Drama, got 2 Luv-It ;-)

Bubba 123 :wave:


----------



## Hilltop Raceway (Feb 12, 2006)

Wish it had chrome bumpers...RM


----------



## jeffaary (Dec 11, 2004)

The seller has 100% feedback on 585 transactions. I'm guessing he either bought the car not knowing it was stolen, or it's not the same car. Who would be dumb enough to steal that car, then sell it on Ebay?


----------



## TheRockinator (May 16, 2007)

Wow, The first guy says he "forgot" to send by registered mail. What kind of moron sends a $1900 item un insured? Even though he may be right it's a situation that was entirely preventable.

Later The sheesh I mail insured for anything over $100 but then I don't have money to throw away Rockinator


----------



## leonus (Dec 17, 2013)

Anyone who even considers spending $9000 on a slot car has WAY too much money...

I love these things too, but good grief, not even if I had millions would I dream of spending that much..

Totes Cray Cray indeed&#55357;&#56841;


----------



## TUFFONE (Dec 21, 2004)

The sale is not actually intended to be for $9000. The number is just an attention getter to get people to view the verbage. The person who claims theft, even if he is correct, could not have any proof that the car is the same one. Any documentation should say that it was shipped and not received. Unless the car had a serial number or something that could be verified, there is no chance to prove ownership. I am watching this as it is somewhat interesting. I don't see how the proceedings can really go anywhere though. Just my take for what it is worth.


----------



## Bill Hall (Jan 6, 2007)

*When Confronted by My Little Pony, Apply the Ron White Standard.*



TheRockinator said:


> Wow, The first guy says he "forgot" to send by registered mail.
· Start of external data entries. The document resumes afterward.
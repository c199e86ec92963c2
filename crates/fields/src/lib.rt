// The cells by name, over the first 40,960 bytes of a table: reads.
#![tactic(auto)]

pub mod read; // read.rt: each cell read
pub mod row; // row.rt: a row of inherited flags, by value
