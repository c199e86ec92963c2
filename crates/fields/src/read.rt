// Each cell read, by name.
ghost use Rattle.std.specs.Prelude.{◌≡◌, ◌<◌, length};
ghost use Rattle.lists.specs.Names.{same_name};
ghost use Rattle.cells.specs.Sizes.{lower_bytes, clients, revisions, updates};
ghost use Rattle.cells.specs.Words.{byte};
ghost use Rattle.cells.specs.Cells.{flagged};
ghost use Rattle.cells.specs.Decode.{cells};

use places::names::is_name;
use places::numbers::{byte_at, half_at, word_at};
use places::parts::{
    BASE, CAUGHT, COUNT, COUNTERS, FIRST, HIGH, KEPT, LAST, LAYOUT, LOW, NAMES, OPENED, QUEUE,
    SEEN, SETTLED, SINGLE, STARTED, STATE, USED,
};
use sizes::numbers::{Client, Revision, wide};
use sizes::table::Table;

// One of the four states of `Table`, on every table in range.
pub fn state(d: &[u8], r: Revision) -> usize
    requires { (length d.now ≡ lower_bytes) × (r.0 < revisions) }
    ensures { (result ≡ (cells d.now).state r.0) × (result < 256) }
{
    byte_at(&d[STATE..USED], wide(r.0))
}

// Whether the row of inherited updates is in use.
pub fn used(d: &[u8], r: Revision) -> bool
    requires { (length d.now ≡ lower_bytes) × (r.0 < revisions) }
    ensures { result ≡ (cells d.now).used r.0 }
{
    byte_at(&d[USED..LAST], wide(r.0)) == 1
}

// The last update of the own list.
pub fn last(d: &[u8], r: Revision) -> usize
    requires { (length d.now ≡ lower_bytes) × (r.0 < revisions) }
    ensures { (result ≡ (cells d.now).last r.0) × (result < 65536) }
{
    word_at(&d[LAST..FIRST], wide(r.0))
}

// The first update of the own list.
pub fn first(d: &[u8], r: Revision) -> usize
    requires { (length d.now ≡ lower_bytes) × (r.0 < revisions) }
    ensures { (result ≡ (cells d.now).first r.0) × (result < 65536) }
{
    word_at(&d[FIRST..COUNT], wide(r.0))
}

// How many updates the own list has.
pub fn count(d: &[u8], r: Revision) -> usize
    requires { (length d.now ≡ lower_bytes) × (r.0 < revisions) }
    ensures { (result ≡ (cells d.now).count r.0) × (result < 65536) }
{
    word_at(&d[COUNT..BASE], wide(r.0))
}

// How many of the main revision's updates were inherited by count.
pub fn base(d: &[u8], r: Revision) -> usize
    requires { (length d.now ≡ lower_bytes) × (r.0 < revisions) }
    ensures { (result ≡ (cells d.now).base r.0) × (result < 65536) }
{
    word_at(&d[BASE..LAYOUT], wide(r.0))
}

// The update before u in its list.
pub fn link(d: &[u8], u: usize) -> usize
    requires { (length d.now ≡ lower_bytes) × (u < updates) }
    ensures { (result ≡ (cells d.now).link u) × (result < updates) }
{
    let low = byte_at(&d[LOW..HIGH], u);
    let high = half_at(&d[HIGH..SEEN], u);
    low + 256 * high
}

// Whether r inherited u otherwise than by count.
pub fn inherited(d: &[u8], r: Revision, u: usize) -> bool
    requires { (length d.now ≡ lower_bytes) × (r.0 < revisions) × (u < updates) }
    ensures { result ≡ flagged (cells d.now) r.0 u }
{
    let x = wide(r.0);
    if x == 0 {
        return false;
    }
    if used(d, r) {
        return flags::bits::flag(d[Table::ROW * (x - 1) + u / 8], u % 8);
    }
    false
}

// Whether a has seen b's fork and not b's start.
pub fn seen(d: &[u8], a: Revision, b: Revision) -> bool
    requires { (length d.now ≡ lower_bytes) × (a.0 < revisions) × (b.0 < revisions) }
    ensures { result ≡ (cells d.now).seen a.0 b.0 }
{
    let x = wide(a.0);
    let y = wide(b.0);
    flags::bits::flag(d[SEEN + (8 * x + y / 8)], y % 8)
}

// Whether client c has caught up with r.
pub fn caught(d: &[u8], c: Client, r: Revision) -> bool
    requires { (length d.now ≡ lower_bytes) × (c.0 < clients) × (r.0 < revisions) }
    ensures { result ≡ (cells d.now).caught c.0 r.0 }
{
    let x = wide(c.0);
    let y = wide(r.0);
    flags::bits::flag(d[CAUGHT + (8 * x + y / 8)], y % 8)
}

// The revision at a place of the layout.
pub fn place(d: &[u8], i: usize) -> usize
    requires { (length d.now ≡ lower_bytes) × (i < revisions) }
    ensures { (result ≡ byte (cells d.now).layout i) × (result < 256) }
{
    byte_at(&d[LAYOUT..QUEUE], i)
}

// The number at a place of the queue.
pub fn queued(d: &[u8], i: usize) -> usize
    requires { (length d.now ≡ lower_bytes) × (i < revisions) }
    ensures { (result ≡ byte (cells d.now).queue i) × (result < 256) }
{
    byte_at(&d[QUEUE..OPENED], i)
}

// The revision of the open transaction, or `Table::CLOSED`.
pub fn opened(d: &[u8], c: Client) -> usize
    requires { (length d.now ≡ lower_bytes) × (c.0 < clients) }
    ensures { (result ≡ (cells d.now).opened c.0) × (result < 256) }
{
    byte_at(&d[OPENED..COUNTERS], wide(c.0))
}

// How many revisions are out.
pub fn out(d: &[u8]) -> usize
    requires { length d.now ≡ lower_bytes }
    ensures { (result ≡ (cells d.now).out) × (result < 256) }
{
    byte_at(&d[COUNTERS..NAMES], Table::REVISIONS_OUT)
}

// How many revision numbers were given out.
pub fn given(d: &[u8]) -> usize
    requires { length d.now ≡ lower_bytes }
    ensures { (result ≡ (cells d.now).given) × (result < 256) }
{
    byte_at(&d[COUNTERS..NAMES], Table::NUMBERS_GIVEN)
}

// How many updates were taken.
pub fn updates(d: &[u8]) -> usize
    requires { length d.now ≡ lower_bytes }
    ensures { (result ≡ (cells d.now).updates) × (result < 65536) }
{
    word_at(&d[COUNTERS..NAMES], Table::UPDATES_TAKEN)
}

// Whether the name of r is the lent one, which may be of any length.
pub fn is_named(d: &[u8], r: Revision, name: &[u8]) -> bool
    requires { (length d.now ≡ lower_bytes) × (r.0 < revisions) }
    ensures { result ≡ same_name ((cells d.now).name r.0) name.now }
{
    is_name(&d[NAMES..SINGLE], wide(r.0), name)
}

// The choice given to fresh: whether the day is a single-main day (02, U8).
pub fn single(d: &[u8]) -> bool
    requires { length d.now ≡ lower_bytes }
    ensures { result ≡ (cells d.now).single }
{
    byte_at(&d[SINGLE..SETTLED], 0) == 1
}

// How many of the main revision's own updates are of closed transactions (02, U10).
pub fn settled(d: &[u8]) -> usize
    requires { length d.now ≡ lower_bytes }
    ensures { (result ≡ (cells d.now).settled) × (result < 65536) }
{
    word_at(&d[SETTLED..STARTED], 0)
}

// The boxes ever started, marks not counted, at most 65,535 (02, U14).
pub fn started(d: &[u8]) -> usize
    requires { length d.now ≡ lower_bytes }
    ensures { (result ≡ (cells d.now).started) × (result < 65536) }
{
    word_at(&d[STARTED..KEPT], 0)
}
What kind of moron sends a $1900 item un insured? Even though he may be right it's a situation that was entirely preventable.
> 
> Later The sheesh I mail insured for anything over $100 but then I don't have money to throw away Rockinator


Rock pretty well sums it up.



***** I know the history about it. There's only one as the others are destroyed as it was a miss production. *****

That's some pretty tall talk from the accuser. Short of a note from his mommy, I cannot wait to see how he is going to substantiate the pedigree of his long lost unicorn to the satisfaction of the local gendarmes.
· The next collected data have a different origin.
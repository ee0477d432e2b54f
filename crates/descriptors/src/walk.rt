// The step over one descriptor: where it ends, and under which setting it stands. Every walk over a body goes by it.
ghost use Rattle.std.specs.Prelude.{◌≡◌, true, ◌≤◌, length};
ghost use Rattle.descriptors.specs.Walk.{stand_in, SetAfter, steps_on, Steps, Advances, Plains};

use crate::types::{CLASS, INTERFACE};

// A setting is one number, bInterfaceNumber + 256 * bAlternateSetting. This is no setting's: where a walk stands before the first interface, so that
// interface 0 is the next.
// Kept: with an Option beside a u16 the walk would keep two values in place of one, and ask at each descriptor which it is.
pub const BEFORE_FIRST: u32 = 65791;

// Where a descriptor stands: under which setting, or (not `inside`) before the first interface.
// Kept: an Option<Setting> is no plainer, since an interface descriptor, which always stands inside, would have to be asked for the setting that it begins.
#[derive(Clone, Copy)]
pub struct Stand {
    pub inside: bool,
    pub interface: u8,
    pub alternate: u8,
}

// One step of a walk: where the descriptor ends, and the setting under which it stands, as the next step takes it and taken apart.
#[derive(Clone, Copy)]
pub struct Step {
    pub end: usize,
    pub setting: u32,
    pub stand: Stand,
}

// The setting under which a descriptor stands that follows one at `last`.
fn setting_after(d: &[u8], last: u32) -> u32
    ensures { SetAfter last d.now result }
{
    if octets::peek(d, 1) == INTERFACE {
        return octets::word(d, 2) as u32;
    }
    last
}

// The same, taken apart.
pub fn stand_in(setting: u32) -> Stand
    ensures { result ≡ stand_in setting }
{
    if setting < 65536 {
        return Stand {
            inside: true,
            interface: (setting % 256) as u8,
            alternate: (setting / 256) as u8,
        };
    }
    Stand {
        inside: false,
        interface: 0,
        alternate: 0,
    }
}

// The step over a whole descriptor at `at`, after one at `last`. Walks take from it alone where a descriptor stands.
pub fn step_over(body: &[u8], at: usize, last: u32) -> Step
    requires { steps_on body.now at ≡ true }
    ensures { Steps body.now at last result }
{
    let end = at + octets::peek(body, at) as usize;
    let setting = setting_after(&body[at..end], last);
    Step {
        end,
        setting,
        stand: stand_in(setting),
    }
}

// The same where nothing is known of the body. No step is taken over a bLength below 2 or past the body's end, where a walk must stop.
pub fn advance(body: &[u8], at: usize, last: u32) -> Option<Step>
    ensures { Advances body.now at last result }
{
    let size = octets::peek(body, at) as usize;
    if size < 2 {
        return None;
    }
    if body.len() <= at {
        return None;
    }
    if body.len() - at < size {
        return None;
    }
    Some(step_over(body, at, last))
}

// Past the descriptors from `from` on that have this length. Where the next one is looked for does not wait for a byte to be read.
fn pass_run(body: &[u8], size: usize, from: usize) -> usize
    requires { (1 ≤ length body.now) × (2 ≤ size) }
    ensures { Plains body.now from result }
{
    if body.len() < size {
        return from;
    }
    let kinds = &body[1..];
    let most = body.len() - size;
    let mut place = from;
    while place <= most {
        if body[place] as usize != size {
            return place;
        }
        if kinds[place] < CLASS {
            return place;
        }
        place += size;
    }
    place
}

// Where a walk goes on that comes to `from`: no walk looks at a type from 8 on, and class descriptors often stand in runs of one length. Two are passed in a turn, so that a run is asked for
// half as often; the types are read from a slice of their own, so that a length is read without an address being worked out.
pub fn behind(body: &[u8], from: usize) -> usize
    requires { 1 ≤ length body.now }
    ensures { Plains body.now from result }
{
    let kinds = &body[1..];
    let last = body.len() - 1;
    let mut place = from;
    while place < last {
        let first = body[place] as usize;
        if kinds[place] < CLASS {
            return place;
        }
        if first < 2 {
            return place;
        }
        let next = place + first;
        if last <= next {
            return next;
        }
        let second = body[next] as usize;
        let looked_at = kinds[next] < CLASS;
        if looked_at {
            return next;
        }
        if second < 2 {
            return next;
        }
        if second == first {
            place = pass_run(body, first, next);
        } else {
            place = next + second;
        }
    }
    place
}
So four score and seven, this rocket scientist crammed his unicorn in a box with a handful of Lucky Charms and submitted it uninsured to the regional punt pass and kick tryouts for USPS? He's been sitting in the pumpkin patch with Linus all these years waiting for the great pumpkin to re-appear. 

For right or for wrong, ya really cant fix stupid. Not then, and not now.


----------



## jeffaary (Dec 11, 2004)

^^^ :lol::lol::lol:


----------



## Joe65SkylarkGS (Feb 15, 2010)

1st link is not good. What did I miss???

Only see a car for 9700????


----------



## leonus (Dec 17, 2013)

First link was the same thing but the description said that it was someone's car that had been stolen from them and not paid for... A long time ago... Or something...

Now I'm kinda confused too..&#55357;&#56848;


----------



## Boosted-Z71 (Nov 26, 2007)

I dont see whats so rare about this car, I have 3 or 4, cant remember for sure, might have mailed one out to somewhere, no tracking or shipping info

Just kidding, what a pissing match

Tuned in to watch both listings

Boosted


----------



## tgallaway (Jun 17, 2013)

The word I got from The Seller Robert W. is his car came from Slot Car Johnny.
not sure if it was straight to him or someone else.
It is pictured in John's book in the back I think. never heard of the guy from Canada that claims it was stolen, with his 82 feedback.

even if it was sent to Philly, does not mean it was Robert W. there are more than one slot car guy in Philly,it could have passsed hands several times.

Robert W. listed this same car a couple month's ago for 4500.00, aboot 3700.00 to high, in my opion.
rare but not one of a kind, also the bumpers are very ugly.

never kid yourself when you think you have the only one. no such thing unless you make it yourself.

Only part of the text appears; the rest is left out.